Stored data entries
--------------------------------

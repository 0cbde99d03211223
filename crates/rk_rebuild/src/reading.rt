// What a segment that was read changes.
ghost use Rattle.std.specs.Prelude.{◌≡◌, ◌+◌, ◌<◌, ◌∷◌, ◌++◌, [], drop, length, map as map_list, IfOk, OnOk, OnErr, true, vec_len};
ghost use Rattle.std.specs.List.{AllByRecursion, flat_map, position_or_len};
ghost use Rattle.std.specs.Option.{option_map};
ghost use Rattle.rk_types.specs.NumberMap.{insert as insert_lem};
ghost use Rattle.rk_types.specs.declared.lineage.Member.{Member as Member_of};
ghost use Rattle.rk_outside.specs.Segments.{bytes_of};
ghost use Rattle.rk_entry.specs.Entries.{entries_of};
ghost use Rattle.rk_world.specs.Gather.{LAST_MAIN_SEGMENT as LAST, with_read};
ghost use Rattle.rk_rebuild.specs.Lent.{lent};
ghost use Rattle.rk_rebuild.specs.declared.member.ReadLog.{ReadLog as Log};
ghost use Rattle.rk_rebuild.specs.Logs.{IsGathered, IsShort, advanced, gathered_at, is_by, is_unread as is_unread_lem, members_of, passed};

use crate::material::{lend_all, named};
use crate::member::{ReadLog, Reader, is_unread, left_of};
use rk_entry::{Entry, entries};
use rk_types::{Listed, NoMemory, Numbered, Range};
use std::alloc::Global;

/// The last main segment that there can be.
const LAST_MAIN_SEGMENT: usize = 2_147_483_648;

/// A segment of a master was read, or was never written. After `NoMemory` nothing has changed of what was read; it comes
/// too if a master's main segments are as many as there can be. A step for each entry of the segment, and for each
/// entry of the log if its main segments are passed by this.
pub(crate) fn read(
    alloc: Global,
    range: &Range,
    logs: &mut Vec<ReadLog>,
    readers: &mut Vec<Reader>,
    master: u8,
    segment: u32,
    bytes: Option<&[u8]>,
) -> Result<(), NoMemory>
    requires { IsGathered range.now logs.old.items readers.old.items }
    ensures ok { OnOk result (members_of logs.new.items readers.new.items
        ≡ with_read (members_of logs.old.items readers.old.items) master segment (option_map (λ b. b.now) bytes.entry)) }
    ensures err { OnErr result (members_of logs.new.items readers.new.items ≡ members_of logs.old.items readers.old.items) }
    ensures kept { IsGathered range.now logs.new.items readers.new.items }
{
    let place = opened(alloc, logs, master)?;
    let log = &mut logs[place];
    if log.main_read {
        read_side(alloc, log, segment, bytes)?;
        advance(readers, log);
        return Ok(());
    }
    match bytes {
        Some(bytes) => read_main(alloc, log, bytes),
        None => pass_main(alloc, range, log, readers),
    }
}

// The place of the log of a master; one of which nothing was read is put behind the others.
fn opened(alloc: Global, logs: &mut Vec<ReadLog>, master: u8) -> Result<usize, NoMemory>
    ensures same { (member : Member_of) → gathered_at logs.new.items member ≡ gathered_at logs.old.items member }
    ensures short { AllByRecursion IsShort logs.old.items → AllByRecursion IsShort logs.new.items }
    ensures place { IfOk result (λ place. place ≡ position_or_len (is_by master) logs.new.items) }
    ensures within { IfOk result (λ place. place < vec_len logs.new) }
{
    let place = place_of(logs.as_slice(), master);
    if place < logs.len() {
        return Ok(place);
    }
    logs.push(ReadLog::new(alloc, master))?;
    Ok(place)
}

// The place of the log of a master, or past the last one if there is none. A look at each log.
fn place_of(logs: &[ReadLog], master: u8) -> usize
    ensures { result ≡ position_or_len (is_by master) logs.now }
{
    for (place, log) in logs.iter().enumerate() {
        if log.master == master {
            return place;
        }
    }
    logs.len()
}

// A side segment was read; if it was never written, it has no entries.
fn read_side(
    alloc: Global,
    log: &mut ReadLog,
    segment: u32,
    bytes: Option<&[u8]>,
) -> Result<(), NoMemory>
    ensures ok { OnOk result (log.new ≡ record log.old
        { sides = insert_lem log.old.sides segment (entries_of (bytes_of (option_map (λ b. b.now) bytes.entry))) }) }
    ensures err { OnErr result (log.new ≡ log.old) }
{
    let (side, _) = entries(alloc, bytes.unwrap_or(&[]))?;
    log.sides.insert(u64::from(segment), Listed::from_vec(side))
}

// The readers of a master are moved on to the first side segment that was not read. A search for each that they pass.
fn advance(readers: &mut Vec<Reader>, log: &ReadLog)
    ensures { readers.new.items ≡ map_list (advanced log.now) readers.old.items }
{
    for reader in readers.iter_mut() {
        advance_one(reader, log);
    }
}

// A reader is moved on, if it is one of the master.
fn advance_one(reader: &mut Reader, log: &ReadLog)
    ensures { reader.new ≡ advanced log.now reader.old }
{
    if reader.member.master != log.master {
        return;
    }
    let passed = read_first(left_of(reader.named.as_slice(), reader.done), &log.sides);
    reader.done += passed;
}

// How many first ones of these side segments were read. A search for each of them.
fn read_first(segments: &[u32], sides: &Numbered<Listed<Entry>>) -> usize
    ensures { result ≡ position_or_len (is_unread_lem sides.now) segments.now }
{
    for (place, segment) in segments.iter().enumerate() {
        if is_unread(sides, *segment) {
            return place;
        }
    }
    segments.len()
}

// A main segment was read.
fn read_main(alloc: Global, log: &mut ReadLog, bytes: &[u8]) -> Result<(), NoMemory>
    ensures ok { OnOk result (log.new ≡ record log.old { main = log.old.main ++ entries_of bytes.now ∷ [] }) }
    ensures short { OnOk result (length log.old.main + 1 < LAST) }
    ensures err { OnErr result (log.new ≡ log.old) }
{
    if log.main.as_slice().len() + 1 >= LAST_MAIN_SEGMENT {
        return Err(NoMemory);
    }
    let (segment, _) = entries(alloc, bytes)?;
    log.main.push(Listed::from_vec(segment))
}

// The main segments of a master are passed: its readers know now which side segments are named.
fn pass_main(
    alloc: Global,
    range: &Range,
    log: &mut ReadLog,
    readers: &mut Vec<Reader>,
) -> Result<(), NoMemory>
    ensures ok { OnOk result (log.new ≡ record log.old { main_read = true }) }
    ensures readers { OnOk result (readers.new.items ≡ map_list (passed range.now log.old) readers.old.items) }
    ensures err { OnErr result (log.new ≡ log.old) }
    ensures same { OnErr result (readers.new.items ≡ readers.old.items) }
{
    *readers = all_passed(alloc, range, log, readers.as_slice())?;
    log.main_read = true;
    Ok(())
}

// The readers once the main segments of a master are passed.
fn all_passed(
    alloc: Global,
    range: &Range,
    log: &ReadLog,
    readers: &[Reader],
) -> Result<Vec<Reader>, NoMemory>
    ensures { IfOk result (λ now. now.items ≡ map_list (passed range.now log.now) readers.now) }
{
    let lent = lend_all(alloc, log.main.as_slice())?;
    let mut now = Vec::new(alloc);
    for reader in readers {
        now.push(one_passed(alloc, range, log.master, lent.as_slice(), reader)?)?;
    }
    Ok(now)
}

// A reader once the main segments of a master are passed, which have these entries.
fn one_passed(
    alloc: Global,
    range: &Range,
    master: u8,
    entries: &[&Entry],
    reader: &Reader,
) -> Result<Reader, NoMemory>
    ensures { IfOk result (λ now. (log : Log) → log.master ≡ master → flat_map (λ segment. segment) log.main ≡ lent entries.now
        → now ≡ passed range.now log reader.now) }
{
    if reader.member.master != master {
        return Ok(Reader {
            member: reader.member,
            named: reader.named.duplicate()?,
            done: reader.done,
        });
    }
    Ok(Reader {
        member: reader.member,
        named: named(alloc, range, behind(entries, reader.member.from))?,
        done: 0,
    })
}

/// The entries from a place on.
pub(crate) fn behind<'a, 'b>(entries: &'b [&'a Entry], from: u64) -> &'b [&'a Entry]
    ensures { result.now ≡ drop from entries.now }
{
    let place = (from as usize).min(entries.len());
    entries.split_at(place).1
}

--------------------------------

§ What is expected
Going down from the first line of the entries above, restate each line word for word until the line holding "drop, length, map" is done.

§ Response to this exercise
repository 0cbde99d03211223
filename crates/rk_rebuild/src/reading.rt
// What a segment that was read changes.
ghost use Rattle.std.specs.Prelude.{◌≡◌, ◌+◌, ◌<◌, ◌∷◌, ◌++◌, [], drop, length, map as map_list, IfOk, OnOk, OnErr, true, vec_len};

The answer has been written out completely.